▶ **ACTIVITY**: Please write out exactly, and only, the lines from the first in the material below to the line containing "fn push_epochs<K: Keep>(alloc: Global, keep: &mut", both included.

------------------------------

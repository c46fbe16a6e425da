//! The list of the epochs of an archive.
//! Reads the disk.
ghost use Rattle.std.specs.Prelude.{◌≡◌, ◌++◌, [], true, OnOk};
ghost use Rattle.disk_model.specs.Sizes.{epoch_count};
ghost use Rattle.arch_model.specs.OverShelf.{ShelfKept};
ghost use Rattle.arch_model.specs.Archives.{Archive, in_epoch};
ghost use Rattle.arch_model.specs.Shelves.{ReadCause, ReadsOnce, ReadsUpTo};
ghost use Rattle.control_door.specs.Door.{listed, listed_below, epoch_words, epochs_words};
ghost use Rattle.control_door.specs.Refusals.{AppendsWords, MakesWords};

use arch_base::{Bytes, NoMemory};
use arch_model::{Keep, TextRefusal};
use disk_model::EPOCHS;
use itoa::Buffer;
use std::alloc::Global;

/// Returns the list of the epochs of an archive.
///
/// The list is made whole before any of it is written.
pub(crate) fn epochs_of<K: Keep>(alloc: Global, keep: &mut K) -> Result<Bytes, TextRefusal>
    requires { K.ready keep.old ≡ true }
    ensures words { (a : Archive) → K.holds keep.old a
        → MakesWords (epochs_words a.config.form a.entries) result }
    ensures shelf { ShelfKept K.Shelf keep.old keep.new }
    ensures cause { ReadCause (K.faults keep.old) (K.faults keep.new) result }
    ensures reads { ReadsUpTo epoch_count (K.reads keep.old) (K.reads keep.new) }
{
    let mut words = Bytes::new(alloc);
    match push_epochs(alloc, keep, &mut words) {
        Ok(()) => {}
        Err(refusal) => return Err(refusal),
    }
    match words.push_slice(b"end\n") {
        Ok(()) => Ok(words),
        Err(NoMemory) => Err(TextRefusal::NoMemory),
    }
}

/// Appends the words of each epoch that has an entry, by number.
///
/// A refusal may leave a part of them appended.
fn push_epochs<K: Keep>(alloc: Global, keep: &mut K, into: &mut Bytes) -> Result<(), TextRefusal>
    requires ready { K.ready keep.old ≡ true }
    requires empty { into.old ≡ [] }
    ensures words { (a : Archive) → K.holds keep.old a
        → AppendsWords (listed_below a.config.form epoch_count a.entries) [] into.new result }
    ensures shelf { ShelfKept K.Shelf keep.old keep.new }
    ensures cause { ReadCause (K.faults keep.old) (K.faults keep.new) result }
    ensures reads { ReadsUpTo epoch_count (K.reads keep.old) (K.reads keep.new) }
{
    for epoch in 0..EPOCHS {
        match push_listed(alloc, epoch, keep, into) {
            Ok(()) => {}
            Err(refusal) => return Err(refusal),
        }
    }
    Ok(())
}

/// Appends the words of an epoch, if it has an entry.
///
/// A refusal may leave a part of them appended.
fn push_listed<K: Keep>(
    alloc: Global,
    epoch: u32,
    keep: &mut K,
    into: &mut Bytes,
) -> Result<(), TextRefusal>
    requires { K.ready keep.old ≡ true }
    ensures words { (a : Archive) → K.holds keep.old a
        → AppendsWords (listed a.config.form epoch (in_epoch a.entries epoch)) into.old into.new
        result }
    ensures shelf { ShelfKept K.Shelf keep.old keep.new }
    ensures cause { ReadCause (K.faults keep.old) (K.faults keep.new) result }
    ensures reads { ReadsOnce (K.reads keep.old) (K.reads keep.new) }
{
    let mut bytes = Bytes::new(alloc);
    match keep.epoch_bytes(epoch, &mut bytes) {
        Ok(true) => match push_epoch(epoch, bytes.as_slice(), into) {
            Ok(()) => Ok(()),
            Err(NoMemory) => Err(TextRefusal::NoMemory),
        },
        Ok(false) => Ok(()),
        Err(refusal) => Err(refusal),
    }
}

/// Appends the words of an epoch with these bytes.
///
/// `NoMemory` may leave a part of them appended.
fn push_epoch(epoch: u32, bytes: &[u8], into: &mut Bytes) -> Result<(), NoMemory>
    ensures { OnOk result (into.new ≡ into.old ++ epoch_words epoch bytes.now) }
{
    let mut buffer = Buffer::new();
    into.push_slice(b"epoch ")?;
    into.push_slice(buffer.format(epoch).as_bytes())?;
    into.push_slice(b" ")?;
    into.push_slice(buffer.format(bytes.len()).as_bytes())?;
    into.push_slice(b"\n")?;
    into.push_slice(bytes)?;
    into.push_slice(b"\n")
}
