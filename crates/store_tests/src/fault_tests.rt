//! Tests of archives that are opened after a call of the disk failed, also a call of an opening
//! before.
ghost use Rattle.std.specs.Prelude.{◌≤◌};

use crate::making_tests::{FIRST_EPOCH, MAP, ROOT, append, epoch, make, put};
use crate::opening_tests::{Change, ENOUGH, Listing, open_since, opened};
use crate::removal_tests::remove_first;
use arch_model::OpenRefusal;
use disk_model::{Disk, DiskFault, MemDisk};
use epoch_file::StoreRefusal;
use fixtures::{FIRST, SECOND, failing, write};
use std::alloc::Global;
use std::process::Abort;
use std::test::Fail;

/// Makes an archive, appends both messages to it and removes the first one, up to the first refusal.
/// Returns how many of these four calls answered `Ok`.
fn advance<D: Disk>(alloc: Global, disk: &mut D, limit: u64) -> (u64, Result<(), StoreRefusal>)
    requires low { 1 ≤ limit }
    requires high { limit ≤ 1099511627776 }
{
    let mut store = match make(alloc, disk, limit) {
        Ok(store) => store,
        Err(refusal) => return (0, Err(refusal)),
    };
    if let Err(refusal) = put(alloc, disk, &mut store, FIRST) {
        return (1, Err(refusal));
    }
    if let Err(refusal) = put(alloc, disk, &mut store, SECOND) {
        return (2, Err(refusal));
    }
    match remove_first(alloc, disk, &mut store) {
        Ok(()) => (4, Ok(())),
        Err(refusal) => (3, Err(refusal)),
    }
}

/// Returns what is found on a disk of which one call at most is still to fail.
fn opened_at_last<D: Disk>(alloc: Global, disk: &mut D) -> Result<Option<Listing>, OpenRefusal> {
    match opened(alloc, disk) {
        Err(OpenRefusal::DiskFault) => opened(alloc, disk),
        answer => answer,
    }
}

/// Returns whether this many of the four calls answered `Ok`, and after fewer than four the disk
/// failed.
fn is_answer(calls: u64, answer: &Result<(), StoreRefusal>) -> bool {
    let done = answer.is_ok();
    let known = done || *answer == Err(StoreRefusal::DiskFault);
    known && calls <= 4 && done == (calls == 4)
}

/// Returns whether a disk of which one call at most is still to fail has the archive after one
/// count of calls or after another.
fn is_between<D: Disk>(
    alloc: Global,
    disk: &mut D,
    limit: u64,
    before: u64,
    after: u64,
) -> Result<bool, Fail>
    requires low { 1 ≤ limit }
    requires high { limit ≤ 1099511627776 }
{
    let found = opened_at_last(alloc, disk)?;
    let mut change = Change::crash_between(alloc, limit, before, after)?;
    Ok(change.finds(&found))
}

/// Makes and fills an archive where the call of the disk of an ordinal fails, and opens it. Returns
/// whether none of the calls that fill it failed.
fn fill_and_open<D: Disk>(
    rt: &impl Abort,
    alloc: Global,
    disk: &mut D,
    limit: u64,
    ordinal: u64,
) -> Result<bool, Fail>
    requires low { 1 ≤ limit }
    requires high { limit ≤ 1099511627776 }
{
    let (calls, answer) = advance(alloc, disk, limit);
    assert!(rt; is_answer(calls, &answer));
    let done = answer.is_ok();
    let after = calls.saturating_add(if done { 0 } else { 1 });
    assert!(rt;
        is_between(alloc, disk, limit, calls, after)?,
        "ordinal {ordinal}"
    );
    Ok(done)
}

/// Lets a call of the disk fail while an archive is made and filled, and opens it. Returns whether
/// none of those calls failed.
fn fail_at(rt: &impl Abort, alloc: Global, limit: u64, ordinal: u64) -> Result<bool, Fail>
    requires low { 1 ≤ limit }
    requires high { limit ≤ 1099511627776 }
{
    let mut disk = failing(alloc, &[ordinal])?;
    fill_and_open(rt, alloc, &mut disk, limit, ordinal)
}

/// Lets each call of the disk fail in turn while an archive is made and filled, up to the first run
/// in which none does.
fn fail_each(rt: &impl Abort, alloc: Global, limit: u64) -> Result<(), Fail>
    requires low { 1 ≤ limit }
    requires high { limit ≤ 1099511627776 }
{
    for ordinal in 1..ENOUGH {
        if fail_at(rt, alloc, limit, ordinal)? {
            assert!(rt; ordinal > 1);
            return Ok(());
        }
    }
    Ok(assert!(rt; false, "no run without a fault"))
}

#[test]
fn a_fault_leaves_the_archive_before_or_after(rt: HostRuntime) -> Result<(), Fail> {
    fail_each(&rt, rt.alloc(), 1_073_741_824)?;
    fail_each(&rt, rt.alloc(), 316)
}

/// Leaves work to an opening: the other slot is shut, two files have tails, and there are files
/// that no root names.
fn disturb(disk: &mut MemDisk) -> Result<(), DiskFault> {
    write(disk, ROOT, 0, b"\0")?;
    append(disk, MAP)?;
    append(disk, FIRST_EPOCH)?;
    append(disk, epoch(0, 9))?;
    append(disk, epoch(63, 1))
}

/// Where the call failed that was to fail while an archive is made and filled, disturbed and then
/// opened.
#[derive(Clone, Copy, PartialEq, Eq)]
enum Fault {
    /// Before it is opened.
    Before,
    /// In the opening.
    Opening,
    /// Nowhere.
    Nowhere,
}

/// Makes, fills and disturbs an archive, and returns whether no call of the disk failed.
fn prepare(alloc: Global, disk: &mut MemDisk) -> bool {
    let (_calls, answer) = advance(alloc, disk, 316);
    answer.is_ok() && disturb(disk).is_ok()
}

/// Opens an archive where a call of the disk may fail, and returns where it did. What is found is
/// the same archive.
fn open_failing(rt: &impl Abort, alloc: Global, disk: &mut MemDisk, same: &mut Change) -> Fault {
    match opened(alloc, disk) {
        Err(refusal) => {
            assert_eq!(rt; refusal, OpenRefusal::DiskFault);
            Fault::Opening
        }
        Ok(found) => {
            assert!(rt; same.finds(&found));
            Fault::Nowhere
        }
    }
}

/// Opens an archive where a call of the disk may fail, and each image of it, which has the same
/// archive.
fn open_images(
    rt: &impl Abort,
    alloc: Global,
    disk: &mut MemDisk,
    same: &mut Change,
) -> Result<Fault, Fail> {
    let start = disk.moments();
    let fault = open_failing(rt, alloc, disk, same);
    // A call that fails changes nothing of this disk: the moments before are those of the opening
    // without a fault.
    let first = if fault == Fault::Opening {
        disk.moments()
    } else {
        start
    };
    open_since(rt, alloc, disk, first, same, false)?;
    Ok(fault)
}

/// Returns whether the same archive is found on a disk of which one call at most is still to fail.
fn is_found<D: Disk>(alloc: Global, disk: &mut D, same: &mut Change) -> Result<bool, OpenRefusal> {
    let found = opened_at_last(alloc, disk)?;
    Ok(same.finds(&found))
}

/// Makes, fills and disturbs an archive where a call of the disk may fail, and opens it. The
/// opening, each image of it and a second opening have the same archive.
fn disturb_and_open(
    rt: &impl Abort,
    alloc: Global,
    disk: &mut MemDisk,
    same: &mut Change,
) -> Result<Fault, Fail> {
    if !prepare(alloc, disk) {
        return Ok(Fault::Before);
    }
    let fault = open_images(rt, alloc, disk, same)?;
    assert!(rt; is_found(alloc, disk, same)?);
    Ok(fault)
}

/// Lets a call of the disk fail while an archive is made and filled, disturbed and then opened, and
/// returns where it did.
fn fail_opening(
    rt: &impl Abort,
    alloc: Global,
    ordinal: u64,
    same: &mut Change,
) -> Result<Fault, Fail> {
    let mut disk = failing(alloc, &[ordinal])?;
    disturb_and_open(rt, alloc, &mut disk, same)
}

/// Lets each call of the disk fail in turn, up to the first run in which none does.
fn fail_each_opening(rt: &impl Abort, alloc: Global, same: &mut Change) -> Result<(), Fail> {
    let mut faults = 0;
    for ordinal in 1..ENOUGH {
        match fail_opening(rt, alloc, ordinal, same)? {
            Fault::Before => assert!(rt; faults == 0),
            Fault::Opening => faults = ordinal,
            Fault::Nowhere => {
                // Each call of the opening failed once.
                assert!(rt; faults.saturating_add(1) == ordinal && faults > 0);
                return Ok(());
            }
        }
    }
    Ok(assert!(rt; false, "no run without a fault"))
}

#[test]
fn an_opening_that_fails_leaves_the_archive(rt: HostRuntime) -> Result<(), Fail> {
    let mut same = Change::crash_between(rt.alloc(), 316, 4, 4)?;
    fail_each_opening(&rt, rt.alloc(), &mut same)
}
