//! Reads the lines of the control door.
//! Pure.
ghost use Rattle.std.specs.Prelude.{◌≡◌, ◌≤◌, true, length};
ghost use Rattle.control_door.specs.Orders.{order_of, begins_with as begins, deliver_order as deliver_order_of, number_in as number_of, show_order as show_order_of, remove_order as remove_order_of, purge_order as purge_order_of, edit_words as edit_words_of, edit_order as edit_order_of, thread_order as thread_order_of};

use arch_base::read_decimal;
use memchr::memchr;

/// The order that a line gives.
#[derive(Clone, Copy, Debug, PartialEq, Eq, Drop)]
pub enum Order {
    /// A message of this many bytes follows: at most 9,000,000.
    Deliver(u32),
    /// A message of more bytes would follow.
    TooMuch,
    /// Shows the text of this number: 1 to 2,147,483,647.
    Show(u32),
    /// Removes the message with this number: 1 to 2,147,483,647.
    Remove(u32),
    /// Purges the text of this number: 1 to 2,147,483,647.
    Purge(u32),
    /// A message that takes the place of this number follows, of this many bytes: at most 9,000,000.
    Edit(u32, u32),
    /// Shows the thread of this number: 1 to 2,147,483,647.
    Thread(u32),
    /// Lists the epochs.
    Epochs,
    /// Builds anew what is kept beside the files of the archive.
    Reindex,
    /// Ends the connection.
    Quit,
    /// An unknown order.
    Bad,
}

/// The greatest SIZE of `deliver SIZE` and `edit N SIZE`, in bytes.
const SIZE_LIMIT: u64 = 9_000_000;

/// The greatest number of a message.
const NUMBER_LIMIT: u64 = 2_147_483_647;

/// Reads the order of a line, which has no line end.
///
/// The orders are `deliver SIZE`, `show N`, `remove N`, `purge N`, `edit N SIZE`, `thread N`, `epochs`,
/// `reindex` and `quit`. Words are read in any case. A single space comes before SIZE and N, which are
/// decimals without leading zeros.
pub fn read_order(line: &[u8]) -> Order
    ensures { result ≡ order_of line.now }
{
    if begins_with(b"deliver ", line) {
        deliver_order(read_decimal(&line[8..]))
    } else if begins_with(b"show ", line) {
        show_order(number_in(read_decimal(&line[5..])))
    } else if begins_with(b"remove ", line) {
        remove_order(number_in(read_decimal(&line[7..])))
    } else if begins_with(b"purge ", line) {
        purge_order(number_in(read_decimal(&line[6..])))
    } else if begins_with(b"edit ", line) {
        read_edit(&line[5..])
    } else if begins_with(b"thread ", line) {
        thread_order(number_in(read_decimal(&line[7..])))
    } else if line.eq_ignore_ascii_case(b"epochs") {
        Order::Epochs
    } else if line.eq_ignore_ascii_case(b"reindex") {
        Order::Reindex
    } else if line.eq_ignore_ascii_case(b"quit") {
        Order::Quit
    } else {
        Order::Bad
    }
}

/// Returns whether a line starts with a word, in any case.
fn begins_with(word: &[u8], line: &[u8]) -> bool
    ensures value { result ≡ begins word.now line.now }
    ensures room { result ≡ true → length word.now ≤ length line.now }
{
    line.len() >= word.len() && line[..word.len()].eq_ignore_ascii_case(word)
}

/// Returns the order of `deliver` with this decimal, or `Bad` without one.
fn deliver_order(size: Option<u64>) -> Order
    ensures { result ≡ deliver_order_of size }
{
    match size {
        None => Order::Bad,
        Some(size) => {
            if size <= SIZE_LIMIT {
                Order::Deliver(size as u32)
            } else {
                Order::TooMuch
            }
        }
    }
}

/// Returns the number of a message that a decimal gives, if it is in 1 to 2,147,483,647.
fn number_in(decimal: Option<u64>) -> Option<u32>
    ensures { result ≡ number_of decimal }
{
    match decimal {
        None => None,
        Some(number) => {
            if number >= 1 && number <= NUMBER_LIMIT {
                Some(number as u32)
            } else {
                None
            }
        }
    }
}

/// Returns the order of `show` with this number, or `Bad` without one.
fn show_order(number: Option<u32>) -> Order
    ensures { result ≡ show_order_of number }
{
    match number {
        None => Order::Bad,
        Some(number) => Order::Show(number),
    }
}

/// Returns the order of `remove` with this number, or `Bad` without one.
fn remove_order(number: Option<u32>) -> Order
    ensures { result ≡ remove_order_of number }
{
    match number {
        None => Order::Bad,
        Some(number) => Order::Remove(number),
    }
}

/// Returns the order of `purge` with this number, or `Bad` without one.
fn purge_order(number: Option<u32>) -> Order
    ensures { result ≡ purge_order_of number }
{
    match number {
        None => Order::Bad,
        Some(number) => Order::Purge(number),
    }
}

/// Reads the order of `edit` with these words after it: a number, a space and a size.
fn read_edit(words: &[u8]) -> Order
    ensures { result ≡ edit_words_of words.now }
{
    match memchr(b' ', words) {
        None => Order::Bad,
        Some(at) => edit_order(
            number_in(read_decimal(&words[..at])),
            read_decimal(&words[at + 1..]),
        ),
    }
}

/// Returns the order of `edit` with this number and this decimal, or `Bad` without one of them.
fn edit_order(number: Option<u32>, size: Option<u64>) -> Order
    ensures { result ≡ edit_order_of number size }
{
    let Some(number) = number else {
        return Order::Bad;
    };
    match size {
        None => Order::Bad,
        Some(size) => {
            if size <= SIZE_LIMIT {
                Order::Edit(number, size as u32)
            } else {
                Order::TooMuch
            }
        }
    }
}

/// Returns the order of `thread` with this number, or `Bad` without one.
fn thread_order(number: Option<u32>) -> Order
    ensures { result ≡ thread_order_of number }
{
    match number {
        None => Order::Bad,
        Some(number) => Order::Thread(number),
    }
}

------------------------------

▶ **RESULT OF THE TASK**:
repository c46fbe16a6e425da
//! The list of the epochs of an archive.
//! Reads the disk.
ghost use Rattle.std.specs.Prelude.{◌≡◌, ◌++◌, [], true, OnOk};
ghost use Rattle.disk_model.specs.Sizes.{epoch_count};
ghost use Rattle.arch_model.specs.OverShelf.{ShelfKept};
ghost use Rattle.arch_model.specs.Archives.{Archive, in_epoch};
ghost use Rattle.arch_model.specs.Shelves.{ReadCause, ReadsOnce, ReadsUpTo};
ghost use Rattle.control_door.specs.Door.{listed, listed_below, epoch_words, epochs_words};
ghost use Rattle.control_door.specs.Refusals.{AppendsWords, MakesWords};

use arch_base::{Bytes, NoMemory};
use arch_model::{Keep, TextRefusal};
use disk_model::EPOCHS;
use itoa::Buffer;
use std::alloc::Global;

/// Returns the list of the epochs of an archive.
///
/// The list is made whole before any of it is written.
pub(crate) fn epochs_of<K: Keep>(alloc: Global, keep: &mut K) -> Result<Bytes, TextRefusal>
    requires { K.ready keep.old ≡ true }
    ensures words { (a : Archive) → K.holds keep.old a
        → MakesWords (epochs_words a.config.form a.entries) result }
    ensures shelf { ShelfKept K.Shelf keep.old keep.new }
    ensures cause { ReadCause (K.faults keep.old) (K.faults keep.new) result }
    ensures reads { ReadsUpTo epoch_count (K.reads keep.old) (K.reads keep.new) }
{
    let mut words = Bytes::new(alloc);
    match push_epochs(alloc, keep, &mut words) {
        Ok(()) => {}
        Err(refusal) => return Err(refusal),
    }
    match words.push_slice(b"end\n") {
        Ok(()) => Ok(words),
        Err(NoMemory) => Err(TextRefusal::NoMemory),
    }
}

/// Appends the words of each epoch that has an entry, by number.
///
/// A refusal may leave a part of them appended.
fn push_epochs<K: Keep>(alloc: Global, keep: &mut K, into: &mut Bytes) -> Result<(), TextRefusal>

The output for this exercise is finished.